_Work item_. Where does the string "AllocError" occur in the records? Copy each line that holds it.
START Material to process
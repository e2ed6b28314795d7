//! Certificates as signed data without signers.

ghost use Rattle.std.specs.Prelude.{◌≡◌, None, IfOk, map};
ghost use Rattle.asn1_types.specs.Elements.{object_identifier_of};
ghost use Rattle.asn1_types.specs.declared.oids.TheConstants.{DATA};
ghost use Rattle.cms_content.specs.ContentInfo.{content_info};
ghost use Rattle.cms_content.specs.ContentInfoElements.{content_info_of};
ghost use Rattle.cms_types.specs.SignedData.{signed_data_elements};
ghost use Rattle.x509_types.specs.CertificateElements.{certificate_of};
ghost use Rattle.authenticode_parts.specs.Carried.{elements_of};
ghost use Rattle.authenticode_signature.specs.CertificatesAlone.{certificates_alone};

use asn1_types::ObjectIdentifier;
use asn1_types::oids::DATA;
use authenticode_parts::kept_certificates;
use cms_types::{CmsVersion, EncapsulatedContentInfo, Pkcs7Certificate, SignedData};
use der_core::ListOf;
use std::alloc::{AllocError, Global};
use x509_core::Cert;

/// Signed data without signers, with these certificates as they are.
pub(crate) fn without_signers(
    alloc: Global,
    certificates: &[Cert],
) -> Result<Pkcs7Certificate, AllocError>
    ensures { IfOk result (λ value. signed_data_elements value.signed_data
        ≡ certificates_alone (map certificate_of (elements_of certificates.now))) }
{
    let content_info = no_content(alloc)?;
    let members = kept_certificates(alloc, certificates)?;
    Ok(Pkcs7Certificate {
        signed_data: SignedData {
            version: CmsVersion::V1,
            digest_algorithms: ListOf::new(alloc),
            content_info,
            certificates: Some(members),
            crls: Some(ListOf::new(alloc)),
            signers_infos: ListOf::new(alloc),
        },
    })
}

/// The type of data without a content (RFC 2315 8).
fn no_content(alloc: Global) -> Result<EncapsulatedContentInfo, AllocError>
    ensures { IfOk result
        (λ info. content_info info ≡ content_info_of (object_identifier_of DATA.now) None) }
{
    let content_type = ObjectIdentifier::from_known(alloc, DATA)?;
    Ok(EncapsulatedContentInfo {
        content_type,
        content: None,
    })
}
END Material to process
_Task result_.
use std::alloc::{AllocError, Global};
) -> Result<Pkcs7Certificate, AllocError>
fn no_content(alloc: Global) -> Result<EncapsulatedContentInfo, AllocError>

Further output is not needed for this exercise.